:: What to do ::
Write out the entries below once more, exactly.

Stored data entries
//! How the commands of many builds stood to one of them, counted exactly: in how many failing and in how many passing
//! builds another command had not ended when that one began; and by what chance such counts come.
#![tactic(auto)]

mod build;
mod fisher;
mod pair;
mod tally;

pub use build::{Build, Fate, Run};
pub use fisher::{Share, chance};
pub use tally::{Tallies, Tally, counted};
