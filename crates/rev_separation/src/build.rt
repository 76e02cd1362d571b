//! When the commands of a build ran.
ghost use Rattle.std.specs.Prelude.{◌≡◌, ◌+◌};

/// When a command ran in a build, in milliseconds from the begin of the build on.
#[derive(Clone, Copy, Debug, PartialEq, Eq)]
pub struct Run {
    /// When it began.
    pub began: u32,
    /// When it ended; `None` where it was stopped before.
    pub ended: Option<u32>,
}

impl Run {
    ghost use Rattle.rev_separation.specs.Runs.{is_ahead, is_open};

    /// Whether it had not ended by a moment: its end comes later, or it was stopped.
    pub(crate) fn is_open(self, moment: u64) -> bool
        ensures { result ≡ is_open moment self }
    {
        match self.ended {
            Some(end) => moment < u64::from(end),
            None => true,
        }
    }

    /// Whether it had not begun by a moment: it begins then or later, and has not ended by then.
    pub(crate) fn is_ahead(self, moment: u64) -> bool
        ensures { result ≡ is_ahead moment self }
    {
        moment <= u64::from(self.began) && self.is_open(moment)
    }

    /// So many milliseconds after it began.
    pub(crate) fn moment(self, after: u32) -> u64
        ensures { result ≡ self.began + after }
    {
        u64::from(self.began) + u64::from(after)
    }
}

/// What became of a command in a build.
#[derive(Clone, Copy, Debug, PartialEq, Eq)]
pub enum Fate {
    /// It failed.
    Failed,
    /// It ended well.
    Passed,
    /// Neither, as where it did not run or was stopped.
    Neither,
}

/// A build, seen from one of its commands: the anchor.
#[derive(Drop)]
pub struct Build {
    /// By the number of a command its run; `None` where it did not run. A command past the end did not run either.
    pub runs: Vec<Option<Run>>,
    /// What became of the anchor.
    pub fate: Fate,
}

impl Build {
    ghost use Rattle.rev_separation.specs.Builds.{ran, run_of};

    /// The run of a command, if it ran.
    pub(crate) fn run_of(&self, command: usize) -> Option<Run>
        ensures { result ≡ run_of self.now command }
    {
        if command < self.runs.len() {
            self.runs[command]
        } else {
            None
        }
    }

    /// Whether a command ran.
    pub(crate) fn ran(&self, command: usize) -> bool
        ensures { result ≡ ran command self.now }
    {
        self.run_of(command).is_some()
    }
}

:: Exercise result ::
//! How the commands of many builds stood to one of them, counted exactly: in how many failing and in how many passing
//! builds another command had not ended when that one began; and by what chance such counts come.
#![tactic(auto)]

mod build;
mod fisher;
mod pair;
mod tally;

pub use build::{Build, Fate, Run};
pub use fisher::{Share, chance};
pub use tally::{Tallies, Tally, counted};
filename crates/rev_separation/src/build.rt
repository 76e02cd1362d571b
//! When the commands of a build ran.
ghost use Rattle.std.specs.Prelude.{◌≡◌, ◌+◌};

/// When a command ran in a build, in milliseconds from the begin of the build on.
#[derive(Clone, Copy, Debug, PartialEq, Eq)]
pub struct Run {
    /// When it began.
    pub began: u32,
    /// When it ended; `None` where it was stopped before.
    pub ended: Option<u32>,
}

impl Run {
    ghost use Rattle.rev_separation.specs.Runs.{is_ahead, is_open};

    /// Whether it had not ended by a moment: its end comes later, or it was stopped.
    pub(crate) fn is_open(self, moment: u64) -> bool
        ensures { result ≡ is_open moment self }
    {
        match self.ended {
            Some(end) => moment < u64::from(end),
            None => true,
        }
    }

    /// Whether it had not begun by a moment: it begins then or later, and has not ended by then.
    pub(crate) fn is_ahead(self, moment: u64) -> bool
        ensures { result ≡ is_ahead moment self }
    {
        moment <= u64::from(self.began) && self.is_open(moment)
    }

    /// So many milliseconds after it began.
    pub(crate) fn moment(self, after: u32) -> u64
        ensures { result ≡ self.began + after }
    {
        u64::from(self.began) + u64::from(after)
    }
}

/// What became of a command in a build.
#[derive(Clone, Copy, Debug, PartialEq, Eq)]
pub enum Fate {
    /// It failed.
    Failed,
    /// It ended well.
    Passed,
    /// Neither, as where it did not run or was stopped.
    Neither,
}

/// A build, seen from one of its commands: the anchor.
#[derive(Drop)]
pub struct Build {
    /// By the number of a command its run; `None` where it did not run. A command past the end did not run either.
    pub runs: Vec<Option<Run>>,
    /// What became of the anchor.
    pub fate: Fate,
}

impl Build {
    ghost use Rattle.rev_separation.specs.Builds.{ran, run_of};

    /// The run of a command, if it ran.
    pub(crate) fn run_of(&self, command: usize) -> Option<Run>
        ensures { result ≡ run_of self.now command }
    {
        if command < self.runs.len() {
            self.runs[command]
        } else {
            None
        }
    }

    /// Whether a command ran.
    pub(crate) fn ran(&self, command: usize) -> bool
        ensures { result ≡ ran command self.now }
    {
        self.run_of(command).is_some()
    }
}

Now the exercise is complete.